• _What you will do_
Repeat every line below exactly as it reads.

• _Input records_

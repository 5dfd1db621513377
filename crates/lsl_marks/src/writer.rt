//! The copy of a script: its text, and between its tokens statements that report where it is, and what values its
//! variables have.

use crate::blocks::Open;
use crate::markers::{After, Marker, Moment};
use crate::statements::{Event, Outline};
use crate::tiers::Tier;
use crate::tokens::{Part, line_at, name_at};
use crate::variables::{Scope, Variable};
use itoa::Buffer;
use lsl_lex::Token;
use lsl_text::NoMemory;
use lsl_value::Kind;
use std::alloc::Global;

/// A script that is copied: its text, its tokens and its parts. `mark` begins what markers say.
#[derive(Clone, Copy)]
pub struct Source<'a> {
    pub unit: usize,
    pub text: &'a [u8],
    pub tokens: &'a [Token],
    pub outline: &'a Outline,
    pub mark: &'a [u8],
    pub tier: Tier,
}

/// What ends a marker's calls: they are statements, or they are in a list of a `for`, each after a comma.
#[derive(Clone, Copy, Debug, PartialEq, Eq)]
pub enum Sign {
    Semicolon,
    Comma,
}

/// The text of the script's copy. Its markers are added to `markers`, and are numbered there.
pub fn marked_copy(
    alloc: Global,
    source: &Source<'_>,
    markers: &mut Vec<Marker>,
) -> Result<Vec<u8>, NoMemory> {
    let mut writer = Writer {
        alloc,
        source: *source,
        own: own_name(alloc, source.tokens)?,
        markers,
        text: Vec::new(alloc),
        copied: 0,
        scope: Scope::new(alloc, source.tokens, source.outline)?,
        open: Vec::new(alloc),
        routine: 0,
    };
    for event in &source.outline.events {
        writer.write(*event)?;
    }
    writer.copy_to(source.text.len())?;
    Ok(writer.text)
}

/// A name that isn't a token.
fn own_name(alloc: Global, tokens: &[Token]) -> Result<Vec<u8>, NoMemory> {
    let mut name = Vec::from_slice(alloc, b"r_")?;
    for _ in 0..tokens.len() {
        if !(0..tokens.len()).any(|at| name_at(tokens, at) == name.as_slice()) {
            break;
        }
        name.push(b'_')?;
    }
    Ok(name)
}

/// Where a marker is, and which tick passes after it. `first` and `last` are tokens.
#[derive(Clone, Copy, Debug)]
pub struct Place {
    pub moment: Moment,
    pub first: usize,
    pub last: usize,
    pub after: After,
}

#[derive(Drop)]
pub struct Writer<'a, 'b> {
    pub alloc: Global,
    pub source: Source<'a>,
    pub own: Vec<u8>,
    pub markers: &'b mut Vec<Marker>,
    pub text: Vec<u8>,
    pub copied: usize,
    pub scope: Scope<'a>,
    pub open: Vec<Open>,
    pub routine: usize,
}

impl Writer<'_, '_> {
    fn write(&mut self, event: Event) -> Result<(), NoMemory> {
        match event {
            Event::Enter(number) => self.enter(number),
            Event::Begin(number) => match self.source.outline.statements.get(number).copied() {
                Some(statement) => self.begin(&statement),
                None => Ok(()),
            },
            Event::End(number) => match self.source.outline.statements.get(number).copied() {
                Some(statement) => self.end(&statement),
                None => Ok(()),
            },
            Event::Leave(at) => self.leave(at),
        }
    }

    // Text

    /// Copies the script's bytes up to a place.
    pub fn copy_to(&mut self, place: usize) -> Result<(), NoMemory> {
        let part = Part {
            from: self.copied,
            to: place,
        };
        self.text.extend_from_slice(part.of(self.source.text))?;
        self.copied = self.copied.max(place);
        Ok(())
    }

    pub fn put(&mut self, piece: &[u8]) -> Result<(), NoMemory> {
        self.text.extend_from_slice(piece)?;
        Ok(())
    }

    /// Writes a marker, and the values of these variables after it.
    pub fn mark(
        &mut self,
        place: Place,
        says: &[Variable],
        calls: Option<Vec<usize>>,
        sign: Sign,
    ) -> Result<(), NoMemory> {
        let number = self.markers.len() as u64;
        let mut told = Vec::new(self.alloc);
        self.put_number(number, sign)?;
        for variable in says {
            if self.source.tier.tells(variable.kind) {
                told.push(*variable)?;
                self.say(
                    variable.kind,
                    name_at(self.source.tokens, variable.name),
                    sign,
                )?;
            }
        }
        self.markers.push(Marker {
            moment: place.moment,
            unit: self.source.unit,
            routine: self.routine,
            first: line_at(self.source.tokens, place.first),
            last: line_at(self.source.tokens, place.last),
            after: place.after,
            says: told,
            names: self.scope.locals.clone()?,
            calls,
        })?;
        Ok(())
    }

    fn put_number(&mut self, number: u64, sign: Sign) -> Result<(), NoMemory> {
        let mut buffer = Buffer::new();
        if sign == Sign::Comma {
            self.put(b",")?;
        }
        self.put(b"llOwnerSay(\"")?;
        self.put(self.source.mark)?;
        self.put(buffer.format(number).as_bytes())?;
        self.put(b"\")")?;
        if sign == Sign::Semicolon {
            self.put(b";")?;
        }
        Ok(())
    }

    pub fn say(&mut self, kind: Kind, name: &[u8], sign: Sign) -> Result<(), NoMemory> {
        if sign == Sign::Comma {
            self.put(b",")?;
        }
        match kind {
            Kind::Int => {
                self.put(b"llOwnerSay((string)")?;
                self.put(name)?;
                self.put(b")")?;
            }
            Kind::Str | Kind::Key => {
                self.put(b"llOwnerSay(")?;
                self.put(name)?;
                self.put(b")")?;
            }
            Kind::List => {
                self.put(b"llOwnerSay(llDumpList2String(")?;
                self.put(name)?;
                self.put(b",\"\xc2\xa6\"))")?;
            }
        }
        if sign == Sign::Semicolon {
            self.put(b";")?;
        }
        Ok(())
    }

    /// A marker at one token.
    pub fn note(&mut self, moment: Moment, at: usize, says: &[Variable]) -> Result<(), NoMemory> {
        self.mark(
            Place {
                moment,
                first: at,
                last: at,
                after: After::Nothing,
            },
            says,
            None,
            Sign::Semicolon,
        )
    }
}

• _Response box_
repository 5dfd1db621513377
filename crates/lsl_marks/src/writer.rt
//! The copy of a script: its text, and between its tokens statements that report where it is, and what values its
//! variables have.

use crate::blocks::Open;
use crate::markers::{After, Marker, Moment};
use crate::statements::{Event, Outline};
use crate::tiers::Tier;
use crate::tokens::{Part, line_at, name_at};
use crate::variables::{Scope, Variable};
use itoa::Buffer;
use lsl_lex::Token;
use lsl_text::NoMemory;
use lsl_value::Kind;
use std::alloc::Global;

/// A script that is copied: its text, its tokens and its parts. `mark` begins what markers say.
#[derive(Clone, Copy)]
pub struct Source<'a> {
    pub unit: usize,
    pub text: &'a [u8],
    pub tokens: &'a [Token],
    pub outline: &'a Outline,
    pub mark: &'a [u8],
    pub tier: Tier,
}

/// What ends a marker's calls: they are statements, or they are in a list of a `for`, each after a comma.
#[derive(Clone, Copy, Debug, PartialEq, Eq)]
pub enum Sign {
    Semicolon,
    Comma,
}

/// The text of the script's copy. Its markers are added to `markers`, and are numbered there.
pub fn marked_copy(
    alloc: Global,
    source: &Source<'_>,
    markers: &mut Vec<Marker>,
) -> Result<Vec<u8>, NoMemory> {
    let mut writer = Writer {
        alloc,
        source: *source,
        own: own_name(alloc, source.tokens)?,
        markers,
        text: Vec::new(alloc),
        copied: 0,
        scope: Scope::new(alloc, source.tokens, source.outline)?,
        open: Vec::new(alloc),
        routine: 0,
    };
    for event in &source.outline.events {
        writer.write(*event)?;
    }
    writer.copy_to(source.text.len())?;
    Ok(writer.text)
}

/// A name that isn't a token.
fn own_name(alloc: Global, tokens: &[Token]) -> Result<Vec<u8>, NoMemory> {
    let mut name = Vec::from_slice(alloc, b"r_")?;
    for _ in 0..tokens.len() {
        if !(0..tokens.len()).any(|at| name_at(tokens, at) == name.as_slice()) {
            break;
        }
        name.push(b'_')?;
    }
    Ok(name)
}

/// Where a marker is, and which tick passes after it. `first` and `last` are tokens.
#[derive(Clone, Copy, Debug)]
pub struct Place {
    pub moment: Moment,
    pub first: usize,
    pub last: usize,
    pub after: After,
}

#[derive(Drop)]
pub struct Writer<'a, 'b> {
    pub alloc: Global,
    pub source: Source<'a>,
    pub own: Vec<u8>,
    pub markers: &'b mut Vec<Marker>,
    pub text: Vec<u8>,
    pub copied: usize,
    pub scope: Scope<'a>,
    pub open: Vec<Open>,
    pub routine: usize,
}

impl Writer<'_, '_> {
    fn write(&mut self, event: Event) -> Result<(), NoMemory> {
        match event {
            Event::Enter(number) => self.enter(number),
            Event::Begin(number) => match self.source.outline.statements.get(number).copied() {
                Some(statement) => self.begin(&statement),
                None => Ok(()),
            },
            Event::End(number) => match self.source.outline.statements.get(number).copied() {
                Some(statement) => self.end(&statement),
                None => Ok(()),
            },
            Event::Leave(at) => self.leave(at),
        }
    }

    // Text

    /// Copies the script's bytes up to a place.
    pub fn copy_to(&mut self, place: usize) -> Result<(), NoMemory> {
        let part = Part {
            from: self.copied,
            to: place,
        };
        self.text.extend_from_slice(part.of(self.source.text))?;
        self.copied = self.copied.max(place);
        Ok(())
    }

    pub fn put(&mut self, piece: &[u8]) -> Result<(), NoMemory> {
        self.text.extend_from_slice(piece)?;
        Ok(())
    }

    /// Writes a marker, and the values of these variables after it.
    pub fn mark(
        &mut self,
        place: Place,
        says: &[Variable],
        calls: Option<Vec<usize>>,
        sign: Sign,
    ) -> Result<(), NoMemory> {
        let number = self.markers.len() as u64;
        let mut told = Vec::new(self.alloc);
        self.put_number(number, sign)?;
        for variable in says {
            if self.source.tier.tells(variable.kind) {
                told.push(*variable)?;
                self.say(
                    variable.kind,
                    name_at(self.source.tokens, variable.name),
                    sign,
                )?;
            }
        }
        self.markers.push(Marker {
            moment: place.moment,
            unit: self.source.unit,
            routine: self.routine,
            first: line_at(self.source.tokens, place.first),
            last: line_at(self.source.tokens, place.last),
            after: place.after,
            says: told,
            names: self.scope.locals.clone()?,
            calls,
        })?;
        Ok(())
    }

    fn put_number(&mut self, number: u64, sign: Sign) -> Result<(), NoMemory> {
        let mut buffer = Buffer::new();
        if sign == Sign::Comma {
            self.put(b",")?;
        }
        self.put(b"llOwnerSay(\"")?;
        self.put(self.source.mark)?;
        self.put(buffer.format(number).as_bytes())?;
        self.put(b"\")")?;
        if sign == Sign::Semicolon {
            self.put(b";")?;
        }
        Ok(())
    }

    pub fn say(&mut self, kind: Kind, name: &[u8], sign: Sign) -> Result<(), NoMemory> {
        if sign == Sign::Comma {
            self.put(b",")?;
        }
        match kind {
            Kind::Int => {
                self.put(b"llOwnerSay((string)")?;
                self.put(name)?;
                self.put(b")")?;
            }
            Kind::Str | Kind::Key => {
                self.put(b"llOwnerSay(")?;
                self.put(name)?;
                self.put(b")")?;
            }
            Kind::List => {
                self.put(b"llOwnerSay(llDumpList2String(")?;
                self.put(name)?;
                self.put(b",\"\xc2\xa6\"))")?;
            }
        }
        if sign == Sign::Semicolon {
            self.put(b";")?;
        }
        Ok(())
    }

    /// A marker at one token.
    pub fn note(&mut self, moment: Moment, at: usize, says: &[Variable]) -> Result<(), NoMemory> {
        self.mark(
            Place {
                moment,
                first: at,
                last: at,
                after: After::Nothing,
            },
            says,
            None,
            Sign::Semicolon,
        )
    }
}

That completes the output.